Which lines below mention "operations"? Pick each one out.

- **Data supplied**
-=-=-=-=-

//! Data that all runs of a program share: its static objects at the beginning of a run, and the offsets of the scalars of its structs.
ghost use Rattle.std.specs.Prelude.{◌≡◌, ◌<◌, ℕ, length, option_map, IfOk, map};
ghost use Rattle.cs_types.specs.Shape.{shape_of};
ghost use Rattle.cs_ast.specs.TypedProgram.{HasLayouts, typed_program, file_object};
ghost use Rattle.cs_meaning.specs.Steps as steps;
ghost use Rattle.cs_meaning.specs.Types as types;
ghost use Rattle.cs_objects.specs.BlockView.{block_of, fill_of};
ghost use Rattle.cs_objects.specs.Prepared.{IsPrepared, IsReady, offsets_at, offsets_in, offsets_in_row, prepared_offsets};

use crate::blocks::{Block, BlockType, Fill, Piece};
use crate::initializers::Initializer;
use crate::offsets::type_offsets;
use crate::pieces::pieces;
use crate::settings::Setting;
use cs_ast::typed::program::{Global as FileObject, Program};
use cs_inputs::Root;
use cs_names::Bytes;
use cs_types::CType;
use cs_values::paths::root_path;
use cs_values::types::size_of;
use std::alloc::{AllocError, Global};

/// Data that all runs of a program share. It is made once for the program.
#[derive(Drop)]
pub struct Prepared<'a> {
    /// The file-scope objects at the beginning of a run.
    pub globals: Vec<Block<'a>>,
    /// The string literals.
    pub literals: Vec<Block<'a>>,
    /// The offsets of the scalars of each struct of the program's table, in order; `None` for a large struct.
    pub offsets: Vec<Option<Vec<u64>>>,
}

/// Offsets of scalars: the prepared ones of a struct, or computed ones.
#[derive(Drop)]
pub enum Offsets<'a> {
    Shared(&'a [u64]),
    Owned(Vec<u64>),
}

// The largest size of a struct whose offsets are prepared. A larger one has more than 4,096 scalars, so that no program assigns it as a
// whole, and its offsets would take much memory.
const PREPARED_BYTES: u64 = 1 << 15;

impl<'a> Prepared<'a> {
    /// Prepares the runs of a program.
    pub fn new(alloc: Global, program: &'a Program) -> Result<Prepared<'a>, AllocError>
        requires { HasLayouts program.now }
        ensures { IfOk result (λ prepared. IsPrepared prepared program.now) }
    {
        let globals = global_blocks(alloc, program)?;
        let literals = literal_blocks(alloc, program)?;
        let offsets = struct_offsets(alloc, program)?;
        Ok(Prepared {
            globals,
            literals,
            offsets,
        })
    }

    // Returns the offsets of the scalars of a struct, if they were prepared.
    fn offsets_of(&self, tag: u32) -> Option<&[u64]>
        ensures { option_map (λ offsets. offsets.now) result ≡ offsets_at self.now tag }
    {
        match self.offsets.get(tag as usize)? {
            Some(offsets) => Some(offsets),
            None => None,
        }
    }
}

impl<'a> Offsets<'a> {
    /// Returns the offsets, in order.
    pub fn as_slice(&self) -> &[u64]
        ensures { result.now ≡ offsets_in self.now }
    {
        match self {
            Offsets::Shared(offsets) => offsets,
            Offsets::Owned(offsets) => offsets,
        }
    }
}

/// Returns the offsets of a type's scalars, in order (C11 6.7.2.1).
pub fn scalar_offsets<'a>(setting: &Setting<'a>, ty: &CType) -> Result<Offsets<'a>, AllocError>
    requires { IsReady setting.now }
    ensures { IfOk result (λ offsets.
        offsets_in offsets ≡ types.scalar_offsets (typed_program setting.now.program.now)
        (shape_of ty.now)) }
{
    if let CType::Struct(tag) = ty
        && let Some(offsets) = setting.prepared.offsets_of(*tag)
    {
        return Ok(Offsets::Shared(offsets));
    }
    let offsets = type_offsets(setting.program, ty)?;
    Ok(Offsets::Owned(offsets))
}

// Returns the offsets of the scalars of each struct of the program's table.
fn struct_offsets(alloc: Global, program: &Program) -> Result<Vec<Option<Vec<u64>>>, AllocError>
    requires { HasLayouts program.now }
    ensures count { IfOk result (λ made. length made.items ≡ length program.now.table.list) }
    ensures offsets { IfOk result (λ made.
        (tag : ℕ) → tag < length program.now.table.list
        → offsets_in_row made.items tag ≡ prepared_offsets (typed_program program.now) tag) }
{
    let count = program.table.list.as_slice().len();
    let mut made = Vec::new(alloc);
    while made.len() < count {
        let tag = u32::try_from(made.len()).map_err(|_| AllocError)?;
        made.push(one_struct(program, tag)?)?;
    }
    Ok(made)
}

// Returns the offsets of the scalars of a struct, unless it is large.
fn one_struct(program: &Program, tag: u32) -> Result<Option<Vec<u64>>, AllocError>
    requires { HasLayouts program.now }
    ensures { IfOk result (λ made.
        option_map (λ offsets. offsets.items) made
        ≡ prepared_offsets (typed_program program.now) tag) }
{
    let ty = CType::Struct(tag);
    if size_of(program, &ty)? > PREPARED_BYTES {
        return Ok(None);
    }
    let offsets = type_offsets(program, &ty)?;
    Ok(Some(offsets))
}

// Returns the file-scope objects.
fn global_blocks(alloc: Global, program: &Program) -> Result<Vec<Block<'_>>, AllocError>
    requires { HasLayouts program.now }
    ensures { IfOk result (λ made.
        map block_of made.items ≡ map (steps.global_block (typed_program program.now))
        (map file_object program.now.globals.items)) }
{
    let mut made = Vec::new(alloc);
    for object in &program.globals {
        let size = size_of(program, &object.ty)?;
        let fill = global_fill(alloc, program, object)?;
        made.push(Block::new(alloc, BlockType::Of(&object.ty), size, fill))?;
    }
    Ok(made)
}

// Returns the initial contents of a file-scope object: for a const one its initializer, or zeros (C11 6.7.9, paragraph 10); else inputs.
fn global_fill<'a>(
    alloc: Global,
    program: &'a Program,
    object: &'a FileObject,
) -> Result<Fill<'a>, AllocError>
    requires { HasLayouts program.now }
    ensures { IfOk result (λ fill.
        fill_of fill ≡ steps.global_fill (typed_program program.now) (file_object object.now)
        object.now.constant (file_object object.now).initial) }
{
    if !object.constant {
        let name = object.name.copy()?;
        return Ok(Fill::Input(root_path(alloc, Root::Global(name))));
    }
    match &object.initial {
        Some(first) => {
            let pieces = pieces(alloc, program, BlockType::Of(&object.ty), first)?;
            Ok(Fill::Initial(Initializer::new(pieces)))
        }
        None => Ok(Fill::Zero),
    }
}

// Returns the string literals.
fn literal_blocks(alloc: Global, program: &Program) -> Result<Vec<Block<'_>>, AllocError>
    ensures { IfOk result (λ made.
        map block_of made.items ≡ map steps.literal_block program.now.literals.items) }
{
    let mut made = Vec::new(alloc);
    for literal in &program.literals {
        let block = literal_block(alloc, literal)?;
        made.push(block)?;
    }
    Ok(made)
}

// Returns the object of a string literal, which holds its bytes and a zero byte (C11 6.4.5, paragraph 6).
fn literal_block(alloc: Global, literal: &Bytes) -> Result<Block<'_>, AllocError>
    ensures { IfOk result (λ made. block_of made ≡ steps.literal_block literal.now) }
{
    let bytes = literal.as_bytes();
    let size = (bytes.len() as u64).checked_add(1).ok_or(AllocError)?;
    let mut pieces = Vec::new(alloc);
    pieces.push(Piece::Text(0, bytes))?;
    let fill = Fill::Initial(Initializer::new(pieces));
    Ok(Block::new(alloc, BlockType::Text(size), size, fill))
}
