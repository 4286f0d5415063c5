//! Values of inputs: the cell of a scalar by its path's number, and the element type of the block that a pointer points to.
ghost use Rattle.std.specs.Prelude.{◌≡◌, pos, IfOk, if◌then◌else◌};
ghost use Rattle.cs_types.specs.Shape.{shape_of};
ghost use Rattle.cs_events.specs.Objects.{StartBlock, NumberCell, NullCell, PointerCell};
ghost use Rattle.cs_events.specs.Operations as operations;
ghost use Rattle.cs_events.specs.InputCells as inputs;
ghost use Rattle.cs_meaning.specs.Types as types;
ghost use Rattle.cs_values.specs.View.{cell_of};
ghost use Rattle.cs_objects.specs.BlockView.{type_of};

use crate::blocks::BlockType;
use cs_events::{InputKind, lies_in, numbers_of};
use cs_inputs::Path;
use cs_types::{CType, DataModel, IntType};
use cs_values::arithmetic::is_true;
use cs_values::{Cell, Object};
use std::alloc::AllocError;

/// Returns the kind of an input of a scalar type.
pub fn input_kind(scalar: BlockType) -> InputKind
    ensures { result ≡ inputs.input_kind (type_of scalar.entry) }
{
    match scalar {
        BlockType::Of(ty) => typed_kind(ty),
        BlockType::Integer(ty) => InputKind::Integer(ty),
        BlockType::Text(_) => InputKind::Nothing,
        BlockType::Void => InputKind::Nothing,
    }
}

// Returns the kind of an input of a type of the program.
fn typed_kind(ty: &CType) -> InputKind
    ensures { result ≡ inputs.input_kind (shape_of ty.now) }
{
    match ty {
        CType::Int(ty) => InputKind::Integer(*ty),
        CType::Pointer(_) => InputKind::Pointer,
        CType::Void => InputKind::Nothing,
        CType::Array(_, _) => InputKind::Nothing,
        CType::Struct(_) => InputKind::Nothing,
    }
}

/// Returns the cell for the number of an input: the number, or 0 if it isn't in the type; for a pointer null if it is 0, else a pointer to
/// a block of its own.
pub fn input_cell(
    model: DataModel,
    path: &Path,
    kind: InputKind,
    number: &i128,
) -> Result<Cell, AllocError>
    ensures { IfOk result (λ cell.
        cell_of cell ≡ inputs.input_cell model path.now kind number.now) }
{
    match kind {
        InputKind::Integer(ty) => Ok(integer_cell(model, ty, number)),
        InputKind::Pointer => pointer_cell(path, number),
        InputKind::Allocation => Ok(Cell::Unset),
        InputKind::Nothing => Ok(Cell::Unset),
    }
}

// Returns the cell of an integer type.
fn integer_cell(model: DataModel, ty: IntType, number: &i128) -> Cell
    ensures { cell_of result ≡ NumberCell
        (if inputs.lies_in (operations.numbers_of model ty) number.now
        then number.now else pos 0) }
{
    if lies_in(numbers_of(model, ty), *number) {
        Cell::Number(*number)
    } else {
        Cell::Number(0)
    }
}

// Returns the cell of a pointer.
fn pointer_cell(path: &Path, number: &i128) -> Result<Cell, AllocError>
    ensures { IfOk result (λ cell. cell_of cell
        ≡ (if operations.is_true number.now then PointerCell (StartBlock path.now) (pos 0)
        else NullCell)) }
{
    if is_true(*number) {
        let path = path.copy()?;
        Ok(Cell::Pointer(Object::Start(path), 0))
    } else {
        Ok(Cell::Null)
    }
}

/// Returns the element type of the block that a pointer to a type points to; for `void *` the elements are bytes (C11 6.3.2.3).
pub fn element_of(target: &CType) -> BlockType<'_>
    ensures { type_of result ≡ types.element_of (shape_of target.now) }
{
    match target {
        CType::Void => BlockType::Integer(IntType::UChar),
        CType::Int(_) => BlockType::Of(target),
        CType::Pointer(_) => BlockType::Of(target),
        CType::Array(_, _) => BlockType::Of(target),
        CType::Struct(_) => BlockType::Of(target),
    }
}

-=-=-=-=-

- **Output**
ghost use Rattle.cs_events.specs.Operations as operations;
        (if inputs.lies_in (operations.numbers_of model ty) number.now
        ≡ (if operations.is_true number.now then PointerCell (StartBlock path.now) (pos 0)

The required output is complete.